--- Problem ---
Restrict the output to the lines below starting at the one that contains "pub fn links_of_a_grown_network_have_two_ends()" and ending at the one that contains "pub(crate) fn new(seed: u64) -> Words", and restate them word for word, both ends included.

===== Information provided =====

//! The laws.
ghost use Rattle.std.specs.Prelude.{◌≡◌, ℕ, length};
ghost use Rattle.rsvp_base.specs.declared.addr.Addr.{Addr};
ghost use Rattle.rsvp_base.specs.Members.{In};
ghost use Rattle.tree_model.specs.declared.hops.LinkHop.{LinkHop};
ghost use Rattle.tree_model.specs.Networks.{peers};
ghost use Rattle.tree_model.specs.Ranks.{Follows};
ghost use Rattle.tree_model.specs.Trees.{tree};
ghost use Rattle.tree_model.specs.Valid.{IsValid};
ghost use Rattle.grown_network.specs.Grown.{grown_net};
ghost use Rattle.grown_network.specs.SeedOne.{SeedOneIsAsWorked};

/// The network of each seed is valid: its trees are grown hop by hop, and no chain of hops is closed.
pub fn a_grown_network_is_valid()
    ensures { (seed : ℕ) → IsValid (grown_net seed) }
{}

/// Its trees have 756 hops together.
#[tactic(auto, using(crate::proofs::Senders::all_hops))]
pub fn a_grown_network_has_756_hops()
    ensures { (seed : ℕ) → length (grown_net seed).hops ≡ 756 }
{}

/// No link of it has more than two ends.
pub fn links_of_a_grown_network_have_two_ends()
    ensures { (seed a b c : ℕ) → In b (peers (grown_net seed).links a) → In c (peers (grown_net seed).links a) → b ≡ c }
{}

/// Where a hop follows another in a tree of a group, each tree of the group that has the one before has both.
pub fn hops_of_a_grown_network_are_nested()
    ensures { (seed : ℕ) (g : Addr) (h h' : LinkHop) → Follows (grown_net seed) g h h' → (source : Addr) → In h (tree (grown_net seed).hops g source) → In h' (tree (grown_net seed).hops g source) }
{}

/// The network of seed 1 begins as it comes out by hand.
pub fn seed_one_is_as_worked()
    ensures { SeedOneIsAsWorked }
{}
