//! The words of a seed.
ghost use Rattle.std.specs.Prelude.{◌≡◌};
ghost use Rattle.network_model.specs.Steps.{next_state, word_of_state};

/// Random words, one after another (a linear congruential generator).
#[derive(Drop)]
pub(crate) struct Words {
    state: u64,
}

impl Words {
    /// The words that start at a seed.
    pub(crate) fn new(seed: u64) -> Words
        ensures { result.state ≡ seed }
    {
        Words { state: seed }
    }

    /// The next word.
    pub(crate) fn next(&mut self) -> u32
        ensures state { self.new.state ≡ next_state self.old.state }
        ensures word { result ≡ word_of_state self.new.state }
    {
        self.state = self
            .state
            .wrapping_mul(6_364_136_223_846_793_005)
            .wrapping_add(1_442_695_040_888_963_407);
        (self.state >> 32) as u32
    }
}
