//! Laws of what is asked of a grown network.
ghost use Rattle.std.specs.Prelude.{ℕ};
ghost use Rattle.network_demand.specs.Demands.{AreLocals};
ghost use Rattle.grown_network.specs.Grown.{asked, grown_net};

/// Its network can be asked for it, whatever the seed.
pub fn a_grown_network_can_be_asked()
    ensures { (seed : ℕ) → AreLocals (grown_net seed) (asked seed) }
{}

=====

--- Response below ---
pub fn links_of_a_grown_network_have_two_ends()
    ensures { (seed a b c : ℕ) → In b (peers (grown_net seed).links a) → In c (peers (grown_net seed).links a) → b ≡ c }
{}

/// Where a hop follows another in a tree of a group, each tree of the group that has the one before has both.
pub fn hops_of_a_grown_network_are_nested()
    ensures { (seed : ℕ) (g : Addr) (h h' : LinkHop) → Follows (grown_net seed) g h h' → (source : Addr) → In h (tree (grown_net seed).hops g source) → In h' (tree (grown_net seed).hops g source) }
{}

/// The network of seed 1 begins as it comes out by hand.
pub fn seed_one_is_as_worked()
    ensures { SeedOneIsAsWorked }
{}
//! The words of a seed.
ghost use Rattle.std.specs.Prelude.{◌≡◌};
ghost use Rattle.network_model.specs.Steps.{next_state, word_of_state};

/// Random words, one after another (a linear congruential generator).
#[derive(Drop)]
pub(crate) struct Words {
    state: u64,
}

impl Words {
    /// The words that start at a seed.
    pub(crate) fn new(seed: u64) -> Words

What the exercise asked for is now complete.